I ACQUIRED a good-sized fisherman’s boat near the mouth of the river and started stocking it up with trade goods to take me through the Persian Gulf to the Sea of India. I worked a few spells on the boat to make it more sea worthy. The routes were well-known by traders of the day and even back in my days in Bathra, we had seen traders bringing spices from the south. While I was working on the boat and preparing it for sea travel, a voice behind me spoke.

“Are you heading for the open sea in the south?” he asked.

“Yeah. That’s the plan if I don’t get blown apart. I’ve had a bad time with Poseidon in the past, but I don’t think he’s active down here.”

“I would expect there are others, but no one who would have a reason to harm you,” he said. He sounded familiar and I pulled my head out of the hold to turn and look at him. There was Jesus! Well, I’d assumed he wasn’t in Judea any longer. He sure couldn’t stay there after being crucified.

“Lord, how may I help you?”

“Start by not calling me Lord. I’ve had quite enough of that. Call me Issa. That’s the name my friends in the south use. If you can stand the company, I’d happily ride with you to get home.”
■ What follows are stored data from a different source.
// The lines of a bill, put into a buffer that holds every bill.
#![tactic(auto)]

ghost use Rattle.std.specs.Prelude.{◌≡◌, ◌≤◌, length};
ghost use Rattle.text.specs.Put.{Room, Put};
ghost use Rattle.sheet.specs.Sheet.{view_line, panel_line, panel_list, nothing_line, sheet, refusal};

use arrayvec::ArrayVec;
use text::{put_last, put_line, put_number, put_spaced, put_text};

// Room for every bill: 1,024 panels' lines of at most 22 bytes each, and three lines more.
pub const ROOM: usize = 32768;

// the first line: the window's three numbers
#[tactic(auto, unfolding(text::specs::Text::numbers, text::specs::Text::line))]
fn put_view<const N: usize>(out: &mut ArrayVec<u8, N>, width: u32, height: u32, lens: u32)
    requires { Room (view_line width height lens) N out.old }
    ensures { Put (view_line width height lens) out.old out.new }
{
    put_text(out, b"view");
    put_spaced(out, width);
    put_spaced(out, height);
    put_last(out, lens);
}

// a panel that has cells, and their number
fn put_panel<const N: usize>(out: &mut ArrayVec<u8, N>, panel: u32, cells: u32)
    requires { Room (panel_line panel cells) N out.old }
    ensures { Put (panel_line panel cells) out.old out.new }
{
    if cells != 0 {
        put_number(out, panel);
        put_last(out, cells);
    }
}

// the panels, rising
fn put_panels<const N: usize>(out: &mut ArrayVec<u8, N>, counts: &[u32])
    requires counts_len_bound { length counts.now ≤ 1025 }
    requires room { Room (panel_list counts.now) N out.old }
    ensures { Put (panel_list counts.now) out.old out.new }
{
    for panel in 1..counts.len() {
        put_panel(out, panel as u32, counts[panel]);
    }
}

// the cells that show no panel: their line stands in every bill
fn put_nothing<const N: usize>(out: &mut ArrayVec<u8, N>, cells: u32)
    requires { Room (nothing_line cells) N out.old }
    ensures { Put (nothing_line cells) out.old out.new }
{
    put_line(out, b"nothing", cells);
}

// the bill of an accepted call
#[tactic(auto, using(crate::proofs::Rooms::product_fits), unfolding(crate::specs::Sheet::sheet))]
pub fn put_sheet(width: u16, height: u16, lens: u16, counts: &[u32]) -> ArrayVec<u8, ROOM>
    requires { length counts.now ≡ 1025 }
    ensures { result.items ≡ sheet width height lens counts.now }
{
    let mut out = ArrayVec::new();
    put_view(
        &mut out,
        u32::from(width),
        u32::from(height),
        u32::from(lens),
    );
    put_panels(&mut out, counts);
    put_nothing(&mut out, counts[0]);
    put_line(&mut out, b"total", u32::from(width) * u32::from(height));
    out
}

// the one line of a refusal
#[tactic(auto, using(crate::proofs::Rooms::refusal_length), unfolding(crate::specs::Sheet::refusal))]
pub fn put_refusal(number: u32) -> ArrayVec<u8, ROOM>
    ensures { result.items ≡ refusal number }
{
    let mut out = ArrayVec::new();
    put_line(&mut out, b"refused", number);
    out
}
“That’s great, Issa. I understand you know your way around boats as well. I have provisions, so we can launch as soon as you’re ready.”

He grabbed a towline and we pulled the boat toward deeper water, then we both jumped in.

Ah, the salt wind in my hair! The smell of the sea! The sound of the waves lapping against the sides. And a congenial partner to share the journey—even if not the lusty goddess Aphrodite.

We talked and relaxed on the boat for the better part of a month, fishing and eating and enjoying each other’s company. Then he guided me to a port where I tied up and embraced him before he disembarked.

“Can I come with you, Issa?” I asked.

“Oh, Bob. You know it’s not a good idea for two like us to stay in the same place. I love you, brother, but I don’t want to compete with you.”

I understood, I guess. I’d considered doing miracles like he’d done. He’d tried to teach me the simple spell for turning water into wine and the result tasted so foul it brought tears to his eyes. I poured it overboard with my apologies to the local sea god. I’d stick to making my wine from fermented grapes.

I waved goodbye, and then shoved off to continue farther south along the coast of what would become India. I was in that region for a century or three before I continued eastward. I’ll revisit some of my adventures in India later. It’s a story worth telling about. I learned their pantheon of gods, the castes and social order, the architecture, oh! and tantric sex. From an interesting perspective. One day I’ll tell you all about that.

I bring all this little digression to the fore simply to tell you that I knew Jesus and I knew India. I knew the people there. I have many people in my household in the infinity room from the Indian subcontinent. I traveled the many islands surrounding the great peninsula and ventured across the warm eastern sea to the lands in southeast Asia, Japan, and China.

The people we saw on the island where Columbus first made landfall were not Indian. It was as obvious to me as the greed of my shipmates. They all but ignored the people who came out to greet us and went in search of gold and riches. They were disappointed.

Of course, you couldn’t tell Chris that he wasn’t in India. No, he named the people Indians and went to search for all the gold. Even if he had landed in India, I could have told him gold was a rarity there. The great trade goods from India and Asia were spices and silks. That other idiot explorer, Marco Polo, had given people false expectations. We crossed paths briefly in China. Maybe I’ll get a chance to tell you about him later.